It's been a while since I've updated. I'm a little annoyed at myself but at the same time, I feel it has been excusable. We've had multiple visits as well as gone on a quick weekend trip to Las Vegas for an internship interview-more on that later.
The main reason however, I haven't had much to say is because I really haven't been sure what to say. Once all the action of the past weeks ended this weekend, I was left to process and I haven't really enjoyed it too much. It's been painful and depressing. I'm tired and don't feel right.
I've tried not to make it a secret of late that Johann and I had been trying to bring an addition to our family for 13 months. I got sick of people asking us when we were going to have kids again, if we want to have anymore kids, telling us that Henry needed a sibling and my favorite, that I would understand such and such better once I had more than just one kid. I realize none of it was meant unkindly but it just wasn't pleasant to hear when we were very conscious of those things and trying as best we could to make it happen.
After making some discoveries of what could be holding us up, I had a treatment and sure enough, March brought the news that I was pregnant. I was so grateful. Finally, finally!
I was due November 13th and November seemed perfect. If we moved for an internship, I'd be in the 2nd trimester and feeling up to it, we'd be settled long enough wherever we were that the baby wouldn't come too soon. We found out the same day we had another loss of sorts happen in our family and it felt very right and even necessary to keep our spirits up. A number of family members were also expecting within a month or two of the due date and we were so excited thinking about the little cousins and cousins once removed all being able to play together and be friends. It really felt perfect.
The sweetest thing though, was telling family and a few friends who had known about what was going on and hearing multiple times, "Oh we're so happy! We have been praying for you!" I was so touched to be remembered by them and also to see we were remembered and blessed by the Lord.
Soon after finding out though, I got nervous when I wasn't feeling very sick. I was exhausted but with Henry I was down for the count kind of sick as well as exhausted. The sight and smell of all food made me sick. I could eat almost anything this time without feeling the slightest bit ill. I told myself it was because the last time I was in school full time and working and not sleeping enough that I felt that way. Always in the back of my mind though I worried and worried. I read a lot about miscarriage. Over a bit of time through some things I can't and shouldn't exactly express, I came as close to knowing as possible that I was going to miscarry. I tried to do things to avoid it and I felt like one of those tragic Greek characters trying to avoid their fate and thereby bringing it about.
I told myself if I cleared 6 or 7 weeks I would be fine because it seemed a lot of people miscarried then. I was just about 8 weeks and then it happened. I didn't know for sure at once and I will forever be annoyed at the doctors/nurses who made me go through all kinds of tests and poking and follow-ups just for the inevitable. They kept giving these little assurances it could be this or that and not a miscarriage when I knew that they knew it was. It was pretty obvious.
I know it's their job, but I'm still annoyed. I'm annoyed they made me go to a follow-up appointment and said nothing helpful or informative about the miscarriage after waiting an hour and forty-five minutes, but only said that actually what we were told and believed was causing the infertility really isn't, in their opinion. So great. 13 more months, huh? Thanks. Way to switch the appropriate times for being cautious and optimistic. Really.
The worst part is feeling like it's never ending. Still blood tests for yet another week. I hate the smell of the tape they use over the injection site. It reminds me of the NICU when Henry was there and makes me think about how terrifying it was thinking we didn't know what was wrong with him and he could stop breathing and be no more. I don't really want that kind of reminder presently.

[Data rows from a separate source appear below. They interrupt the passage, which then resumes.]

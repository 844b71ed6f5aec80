// Whether rows are the prefixes of a matter.
ghost use Rattle.std.specs.List.{list_all};
ghost use Rattle.std.specs.Prelude.{IfOk, IsTrue, ◌≡◌};
ghost use Rattle.bp_matter.specs.Written.{prefix_written};
ghost use Rattle.bp_matter.specs.ValidPrefixes.{PrefixFacts, prefix_fits};

use super::labels::PrefixText;
use super::numbers::is_numbered;
use super::reaching::prefixes_reach;
use crate::rows::{PrefixRow, ProductionRow};
use bp_bates::{good_prefix, largest};
use bp_core::{OutOfMemory, all_differ};
use std::alloc::Global;

fn prefix_fits(row: &PrefixRow) -> bool
    ensures { result ≡ prefix_fits row.now }
{
    if !good_prefix(&row.prefix.text, row.prefix.width) {
        return false;
    }
    row.next >= 1 && row.next <= largest(row.prefix.width) + 1
}

fn prefixes_fit(rows: &[PrefixRow]) -> bool
    ensures { result ≡ list_all prefix_fits rows.now }
{
    rows.iter().all(|row| prefix_fits(row))
}

pub(crate) fn prefixes_valid(
    alloc: Global,
    productions: &[ProductionRow],
    prefixes: &[PrefixRow],
) -> Result<bool, OutOfMemory>
    requires written { IsTrue (list_all prefix_written prefixes.now) }
    ensures fact { IfOk result (λ good. IsTrue good → PrefixFacts productions.now prefixes.now) }
    ensures back { IfOk result (λ good. PrefixFacts productions.now prefixes.now → IsTrue good) }
{
    if !is_numbered(prefixes, 1) {
        return Ok(false);
    }
    if !prefixes_fit(prefixes) {
        return Ok(false);
    }
    if !all_differ::<PrefixText, _>(alloc, prefixes)? {
        return Ok(false);
    }
    prefixes_reach(alloc, productions, prefixes)
}
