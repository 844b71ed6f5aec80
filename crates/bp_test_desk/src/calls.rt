// Calls over document 1.
use bp_bates::Prefix;
use bp_core::{Basis, DocNo, PageNo, Rect, Text, TextList, Treatment};
use bp_matter::{BoxRow, Call, Request};
use std::alloc::{AllocError, Global};

const DOC: DocNo = DocNo(1);

/// A box of this number on the first page.
pub fn box_of(num: u32) -> BoxRow {
    BoxRow {
        num,
        page: PageNo(1),
        rect: Rect {
            left: 0,
            top: 0,
            width: 8,
            height: 1,
        },
        basis: Basis::Pi,
    }
}

/// Puts this box.
pub fn put_box(row: BoxRow) -> Call {
    let BoxRow {
        num,
        page,
        rect,
        basis,
    } = row;
    Call::PutBox {
        doc: DOC,
        num,
        page,
        rect,
        basis,
    }
}

/// Calls the document responsive, to be redacted.
pub fn call_redact(alloc: Global) -> Call {
    Call::SetCall {
        doc: DOC,
        responsive: true,
        treatment: Treatment::Redact,
        designation: Text::from_string(String::new(alloc)),
    }
}

pub fn see_doc() -> Call {
    Call::SeeDoc { doc: DOC }
}

/// Freezes the production `Q` of the document.
pub fn freeze(alloc: Global) -> Result<Call, AllocError> {
    let request = Request {
        id: text(alloc, "Q")?,
        volume: text(alloc, "V1")?,
        prefix: Prefix {
            text: text(alloc, "AB-")?,
            width: 4,
        },
        from: DOC,
        to: DOC,
        fields: TextList::new(alloc),
    };
    Ok(Call::Freeze { request })
}

pub fn get_production(alloc: Global) -> Result<Call, AllocError> {
    Ok(Call::GetProduction {
        id: text(alloc, "Q")?,
    })
}

fn text(alloc: Global, text: &str) -> Result<Text, AllocError> {
    Ok(Text::from_string(String::from_str(alloc, text)?))
}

I don't want to be small or petty. I realize I need to be grateful just to know that it is possible for me to get pregnant again when I was at the point of almost believing it would never be. I understand and am grateful it happened much earlier on so that no operations were involved. I know there are many people who have suffered far more in losing a child and I know I should in no way think my loss as difficult to bear as theirs. I certainly do not. I just felt like it was time to talk about it.
I want to be 'right' but at the moment, with the hormone changes and lack of things I have to do, I find myself more dispirited and down than before. I am trying, but please forgive me if I'm not as sunshiny as I ought. I'll get there, but I suppose this is something I have to go through to get back to there in a more real sense, first.
I don't want to leave on a glum and faithless sounding note. I know that what I once heard spoken is true: 'Trials teach us compassion and when we can remember that, we are no longer victims.' I feel like my compassion has increased and that I feel more than intellectualize this sorrow when others express it. I'm trying to remember that a broken heart is a sacred offering and that the 'new creature' I am to become begins with such a heart. So I am grateful for the atonement and grateful and hopeful that He can heal and make me better than I would have been otherwise. He isn't late, He hasn't forgotten.